## Extrapolation

One of the most important thing, if not the most important, in the university education is the cultivation of the ability to extrapolate. Obviously we can not anticipate all the problems you are going to encounter in the future and prepare you for them. So what we try to do is to teach you the essentials and hope that you can deal with deviations or new problems successfully.

Here several examples of extrapolation are going to be given to illustrate what I mean by "extrapolation" and how to deal with new problems with the knowledge and experiences you presently have.

The following problems are essentially a variation of the TV viewers survey problem of Example 1, and can be solved by basically the same approach.

Example 6

Problem: A survey of TV viewers shows the following results:
To the question "Do you watch comedies ?", 374 replied "Yes".
To the question "Do you watch sports ?", 360 replied "Yes".
To the question "Do you watch detective stories ?", 350 replied "Yes".
To the question "Do you watch comedies and sports ?", 134 replied "Yes".
To the question "Do you watch comedies and detectives ?", 96 replied "Yes".
To the question "Do you watch detectives and sports ?", 241 replied "Yes".
To the question "Do you watch all three ?", 37 replied "Yes".
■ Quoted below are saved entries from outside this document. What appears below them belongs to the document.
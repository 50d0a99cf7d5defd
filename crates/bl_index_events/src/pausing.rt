//! What a thread does after it missed the latch of a page.

use crossbeam_utils::Backoff;

/// How a step pauses where it has missed a latch. It waits for nothing.
pub trait Pause {
    /// A latch was had: the next miss is a first one.
    fn reset(&self);

    /// A latch was missed.
    fn pause(&self);
}

/// It spins at first, and then lets other threads run.
impl Pause for Backoff {
    fn reset(&self) {
        Backoff::reset(self);
    }

    fn pause(&self) {
        self.snooze();
    }
}
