//! The steps of one process over the pages that threads share: each is one event of the store, and what a hand knows after it.
//!
//! Promised to the crates of readers and writers: an event is that of the process which the hand runs, and the process then stands
//! where it has to, whatever the event gave. A process that has a value goes by [`Tree::step`], one event at a time, or by
//! [`Tree::carry_out`] from its begin to its end; one that has none goes by its events alone, as [`Tree::look`], and its hand knows
//! where it stands. Nothing here knows passes.
#![tactic(auto)]

mod carrying;
mod events;
mod fetching;
mod frame_view;
mod guessing;
mod kinds;
mod pausing;
mod running;
mod stepping;
mod sweeping;
mod tree;

pub use fetching::ABREAST;
pub use frame_view::FrameView;
pub use kinds::Kind;
pub use pausing::Pause;
pub use stepping::Stepped;
pub use tree::Tree;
Find the percentages of people who watch only comedies, only sports, only detective stories, comedies and sports, comedies and detectives, sports and detectives, and all three.
By doing the same kind of analyses on the unknowns and data, one can find these percentages.

The total number of people who watch at least one of these programs is

374 + 360 + 350 - 134 - 96 - 241 + 37 = 650,

because each of 134, 96 and 241 is counted twice into 374 + 360 + 350, and 37 is counted in three times and subtracted out three times in 374 + 360 + 350 - 134 - 96 - 241.
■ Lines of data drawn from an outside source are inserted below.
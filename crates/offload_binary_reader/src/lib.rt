// Reads one of LLVM's offload binaries: what stands at a position of lent bytes.
// Words are cast to `usize` by `as`: both have 64 bits here, and std has no `From` between them.
#![tactic(auto)]

ghost use Rattle.std.specs.Prelude.{◌≡◌, ◌+◌, ◌*◌, ◌^◌, ◌<◌, ◌≤◌, eqb, position, length, take, drop};
ghost use Rattle.wire.specs.First.{any_below};
ghost use Rattle.wire.specs.Lists.{tab};
ghost use Rattle.offload_binary.specs.Lists.{slots};
ghost use Rattle.offload_binary.specs.Binary.{no_pair, bad_head, bad_span, bad_table, bad_string, bad_pair, bad_strings, bad_image, entry_of, string_at, pair, binary_at};
ghost use Rattle.offload_binary.specs.Results.{answer_of};
ghost use Rattle.offload_binary_reader.specs.Code.{unless, body_answer};

use offload_binary::{Binary, Entry, NO_PAIR, Part, StringPair};
use wire::{Reason, Refusal};

// The first four bytes of a binary.
const MAGIC: [u8; 4] = [0x10, 0xFF, 0x10, 0xAD];

// 13: under 32 bytes left, wrong first four, version not 1.
#[tactic(auto, unfolding(offload_binary::specs::Binary::bad_head, offload_binary::specs::Binary::bytes_at))]
fn bad_head(b: &[u8]) -> bool
    ensures { result ≡ bad_head b.now }
{
    b.len() < 32
        || !wire_read::same_bytes(
            offload_binary_parts::bytes_at(b, Part { start: 0, len: 4 }),
            &MAGIC,
        )
        || wire_read::word_at::<4>(b, 4) != 1
}

// 14: size under 72 or above what is left; entry size not 40; entry offset under 32, or its 40 bytes pass the size.
#[tactic(auto, unfolding(offload_binary::specs::Binary::bad_span, offload_binary::specs::Binary::size_of, offload_binary::specs::Binary::entry_at))]
fn bad_span(b: &[u8]) -> bool
    ensures { result ≡ bad_span b.now }
{
    let size = wire_read::word_at::<8>(b, 8) as usize;
    let entry = wire_read::word_at::<8>(b, 16) as usize;
    size < 72
        || b.len() < size
        || wire_read::word_at::<8>(b, 24) != 40
        || entry < 32
        || offload_binary_parts::passes(size, entry, 40)
}

// 16 of the table: more than 32; with at least one, pairs not between 32 and the size.
#[tactic(auto, unfolding(offload_binary::specs::Binary::bad_table))]
fn bad_table(size: usize, table: usize, count: usize) -> bool
    ensures { result ≡ bad_table size table count }
{
    32 < count || 0 < count && (table < 32 || offload_binary_parts::passes(size, table, 16 * count))
}

// 17: offset under 32, or offset + size above the binary's size.
#[tactic(auto, unfolding(offload_binary::specs::Binary::bad_image))]
fn bad_image(size: usize, image: Part) -> bool
    ensures { result ≡ bad_image size image }
{
    image.start < 32 || offload_binary_parts::passes(size, image.start, image.len)
}

#[tactic(auto, unfolding(offload_binary::specs::Binary::entry_of))]
fn read_entry(o: &[u8], at: usize) -> Entry
    requires { at + 40 < 2 ^ 64 }
    ensures { result ≡ entry_of o.now at }
{
    Entry {
        image_kind: wire_read::word_at::<2>(o, at),
        offload_kind: wire_read::word_at::<2>(o, at + 2),
        flags: wire_read::word_at::<4>(o, at + 4),
        table: wire_read::word_at::<8>(o, at + 8) as usize,
        count: wire_read::word_at::<8>(o, at + 16) as usize,
        image: Part {
            start: wire_read::word_at::<8>(o, at + 24) as usize,
            len: wire_read::word_at::<8>(o, at + 32) as usize,
        },
    }
}

// Where the first zero byte stands.
fn zero_at(t: &[u8]) -> Option<usize>
    ensures { result ≡ position (λ b. eqb b 0) t.now }
{
    t.iter().position(|byte| *byte == 0)
}

// The string at an offset of o, which starts at `from`, without its zero byte; none where 16 is given for it. At most 257 bytes are looked at.
fn read_string(o: &[u8], from: usize, at: usize) -> Option<Part>
    requires { from + length o.now < 2 ^ 64 }
    ensures { result ≡ unless (bad_string o.now at) (string_at from o.now at) }
{
    if at < 32 {
        return None;
    }
    let near = offload_binary_parts::bytes_at(
        o,
        Part {
            start: at,
            len: 257,
        },
    );
    let len = zero_at(near)?;
    Some(Part {
        start: from + at,
        len,
    })
}

// Pair i of the table at an offset of o; none where 16 is given for one of its strings.
fn read_pair(o: &[u8], from: usize, table: usize, i: usize) -> Option<StringPair>
    requires { (from + length o.now < 2 ^ 64) × (table + 16 * i + 16 ≤ length o.now) }
    ensures { result ≡ unless (bad_pair o.now table i) (pair from o.now table i) }
{
    let at = table + 16 * i;
    let key = read_string(o, from, wire_read::word_at::<8>(o, at) as usize)?;
    let text = read_string(o, from, wire_read::word_at::<8>(o, at + 8) as usize)?;
    if key.len == 0 {
        return None;
    }
    Some(StringPair { key, text })
}

// The n pairs of the table; none where 16 is given for a string of one.
fn read_pairs(o: &[u8], from: usize, table: usize, n: usize) -> Option<[StringPair; 32]>
    requires { (from + length o.now < 2 ^ 64) × ((n ≤ 32) × (0 < n → table + 16 * n ≤ length o.now)) }
    ensures { result ≡ unless (any_below n (bad_pair o.now table)) (slots 32 no_pair (tab n (pair from o.now table))) }
{
    let mut pairs = [NO_PAIR; 32];
    for i in 0..n {
        pairs[i] = read_pair(o, from, table, i)?;
    }
    Some(pairs)
}

// The pairs of the binary whose own bytes start at `from`; none where 16 is given.
fn read_strings(
    s: &[u8],
    own: &[u8],
    from: usize,
    table: usize,
    count: usize,
) -> Option<[StringPair; 32]>
    requires { (own.now ≡ take (length own.now) (drop from s.now)) × (from + length own.now ≤ length s.now) }
    ensures { result ≡ unless (bad_strings own.now table count) (slots 32 no_pair (tab count (pair from own.now table))) }
{
    if bad_table(own.len(), table, count) {
        return None;
    }
    let pairs = read_pairs(own, from, table, count)?;
    if offload_binary_parts::has_equal_keys(s, &pairs[..count]) {
        return None;
    }
    Some(pairs)
}

// 15 to 17 of the binary whose own bytes start at `from`, with its entry at an offset; where none is given, what it holds.
fn read_body(s: &[u8], own: &[u8], from: usize, at: usize) -> Result<Binary, Refusal>
    requires { (own.now ≡ take (length own.now) (drop from s.now)) × (from + length own.now ≤ length s.now) × (at + 40 ≤ length own.now) }
    ensures { answer_of result ≡ body_answer from own.now at }
{
    let entry = read_entry(own, at);
    if offload_binary_parts::bad_kinds(entry.image_kind, entry.offload_kind) {
        return Err(Reason::Kind.at(from));
    }
    let Some(pairs) = read_strings(s, own, from, entry.table, entry.count) else {
        return Err(Reason::Strings.at(from));
    };
    if bad_image(own.len(), entry.image) {
        return Err(Reason::Image.at(from));
    }
    Ok(Binary {
        start: from,
        size: own.len(),
        image_kind: entry.image_kind,
        offload_kind: entry.offload_kind,
        flags: entry.flags,
        image: Part {
            start: from + entry.image.start,
            len: entry.image.len,
        },
        count: entry.count,
        pairs,
    })
}

// 13 to 17 of the binary at a position; where none is given, what it holds.
pub fn binary_at(s: &[u8], position: usize) -> Result<Binary, Refusal>
    ensures { answer_of result ≡ binary_at s.now position }
{
    let left = offload_binary_parts::bytes_at(
        s,
        Part {
            start: position,
            len: s.len(),
        },
    );
    if bad_head(left) {
        return Err(Reason::Head.at(position));
    }
    if bad_span(left) {
        return Err(Reason::Span.at(position));
    }
    let size = wire_read::word_at::<8>(left, 8) as usize;
    let entry = wire_read::word_at::<8>(left, 16) as usize;
    read_body(s, &left[..size], position, entry)
}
Similarly the number of those watching only comedies is

374 - 134 - 96 + 37 = 181,

the number of those watching only detectives is

350 - 241 - 96 + 37 = 50,

the number of those watching only sports is

360 - 134 - 241 + 37 = 22,

the number of those watching only comedies and detectives is

96 - 37 = 59,

the number of those watching only comedies and sports is

134 - 37 = 97,

the number of those watching only detectives and sports is

241 - 37 = 204.

The calculation of the percentages are omitted.

Example 7

300 people were surveyed on TV programs they watch and all 300 responded. 75 of them say they watch a regular sports program, 210 say they watch a regular comedy program, and 36 say they watch both. There is a special detective story program which conflicts with the regular sports and comedy programs. If those who watch regular programs do not want to miss them, how many people can watch the special ?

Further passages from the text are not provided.